May 25, 2011 10:18 PM by John Reger
When we've got recyclable materials at home, we toss them into those blue cans, regardless of what's they're made of. From most of San Luis Obispo County, it all ends up at the Cold Canyon Processing Facility in Edna Valley. Don Carrick of San Luis Obispo wanted to know, "How does it all get separated?.
Garbage trucks dump mixed loads of recyclables at the facility that are pushed onto a giant belt then moved upward to a complicated conveyor system.
"Once it gets here it's my material," says John Ryan. He's managed the facility since it opened in 2000. Using mining technology, materials are separated mechanically and by hand.
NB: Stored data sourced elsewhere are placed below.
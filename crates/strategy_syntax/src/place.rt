//! Where parts of a text stand in it.

ghost use Rattle.std.specs.Prelude.{◌≤◌, ◌<◌, IfSome};

/// The tokens of a text that something was read from. Their numbers count down to the end of the
/// text, as the parser meets them: the last token has the number 1. A text has at most 4,000.
///
/// Forms carry their place as a hint. No contract sees it, so what it says is proved where it is
/// used, as by `stands_at` of `strategy_parse`.
#[derive(Clone, Copy, Debug, PartialEq, Eq)]
pub struct Place {
    // How many tokens come from the first one on, that one included; 0 in no text.
    from: u16,
    // How many tokens come after the last one.
    after: u16,
}

/// Tokens of a text, by their numbers, counted from 0.
#[derive(Clone, Copy, Debug, PartialEq, Eq)]
pub struct TokenRange {
    /// The number of the first one.
    pub first: usize,
    /// The number of the token after the last one.
    pub end: usize,
}

impl Place {
    /// The place of what stands in no text.
    pub fn nowhere() -> Place {
        Place { from: 0, after: 0 }
    }

    /// The tokens from the one that is followed by `from - 1` others, up to the one that is
    /// followed by `after`. There are none if `after` isn't below `from`, or `from` is above
    /// 65,535.
    pub fn new(from: usize, after: usize) -> Place {
        if from > 65_535 || after >= from {
            return Place::nowhere();
        }
        Place {
            from: from as u16,
            after: after as u16,
        }
    }

    /// The place of the token from which on so many are left, that one included. With none left it
    /// is the end of the text, which has no token.
    pub fn of_token(left: usize) -> Place {
        if left > 65_535 {
            return Place::nowhere();
        }
        let from = left as u16;
        Place {
            from,
            after: from.saturating_sub(1),
        }
    }

    /// Whether there are no such tokens.
    pub fn is_nowhere(self) -> bool {
        self.from <= self.after
    }

    /// The place from so many tokens before this one on.
    pub fn begun(self, before: usize) -> Place {
        let before = before.min(65_535) as u16;
        Place {
            from: self.from.saturating_add(before),
            ..self
        }
    }

    /// The place up to the next token after this one, which closes a form.
    pub fn closed(self) -> Place {
        Place {
            after: self.after.saturating_sub(1),
            ..self
        }
    }

    /// The place of the next token after this one.
    pub fn next(self) -> Place {
        Place {
            from: self.after,
            after: self.after.saturating_sub(1),
        }
    }

    /// The place of the last token before this one, which may be the end of the text.
    pub fn previous(self) -> Place {
        Place {
            from: self.from.saturating_add(1),
            after: self.from,
        }
    }

    /// The place of its token of this index, counted from 0.
    pub fn token(self, index: usize) -> Place {
        let from = (self.from as usize).saturating_sub(index);
        if from <= self.after as usize {
            return Place::nowhere();
        }
        Place::of_token(from)
    }

    /// The place from the first token of this one up to the last of a later one.
    pub fn to(self, last: Place) -> Place {
        Place {
            after: last.after,
            ..self
        }
    }

    /// Whether the other place is a part of this one, or the same.
    pub fn contains(self, part: Place) -> bool {
        !part.is_nowhere() && part.from <= self.from && self.after <= part.after
    }

    /// The tokens in a text of `count` tokens; `None` if it doesn't have them.
    pub fn tokens(self, count: usize) -> Option<TokenRange>
        ensures order { IfSome result (λ range. range.first < range.end) }
        ensures within { IfSome result (λ range. range.end ≤ count) }
    {
        let from = self.from as usize;
        let after = self.after as usize;
        if from > count || after >= from {
            return None;
        }
        Some(TokenRange {
            first: count - from,
            end: count - after,
        })
    }
}
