//! Parts of a text with their place, which contracts don't see.

ghost use Rattle.std.specs.Prelude.{◌≡◌};

use crate::Place;
use std::marker::Model;

/// An item that was read from a text, and its place there. Contracts see the item alone.
#[derive(Drop)]
pub struct Placed<T: Drop> {
    item: T,
    place: Place,
}

impl<T: Drop> Model for Placed<T> {
    ghost Value = { T };

    ghost coded = { T.code };

    ghost view = { λ p. p.item };
}

impl<T: Drop> Placed<T> {
    /// The item at this place.
    pub fn new(item: T, place: Place) -> Placed<T>
        ensures { result ≡ item }
    {
        Placed { item, place }
    }

    pub fn item(&self) -> &T
        ensures { result.now ≡ self.now }
    {
        &self.item
    }

    /// Where it stands in its text.
    pub fn place(&self) -> Place {
        self.place
    }
}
To start, workers pull out anything that can't be recycled like styrofoam, food, and certain plastics. Cardboard stays on the belt and gets spit out for bundling. Cans, plastic bottles and glass containers drop through holes onto a new belt that climbs upward from a lower level.
Workers along each belt sift out whatever doesn't belong. Certain metals are separated out by the powerful, rotating magnet that lifts up items like cans and tosses them into a bin. On the non-ferrous metal belt, a special electrical current kicks off things like soda cans into one silo while other materials fall below into another silo.
Screens with smaller and smaller holes shake glass particles down to the finest dimensions.
The facility separates 120 tons of materials a day, up to 3000 tons a month. "And that's all material we're keeping out of the landfill," says Ryan. "It's a community effort and an effort on our part as the local garbage company." Ryan says of all the stuff that comes into the facility, only about 5 percent ends up in the landfill."
In the final step, the materials are separately compressed into huge bales and sent off to customers who buy the raw materials.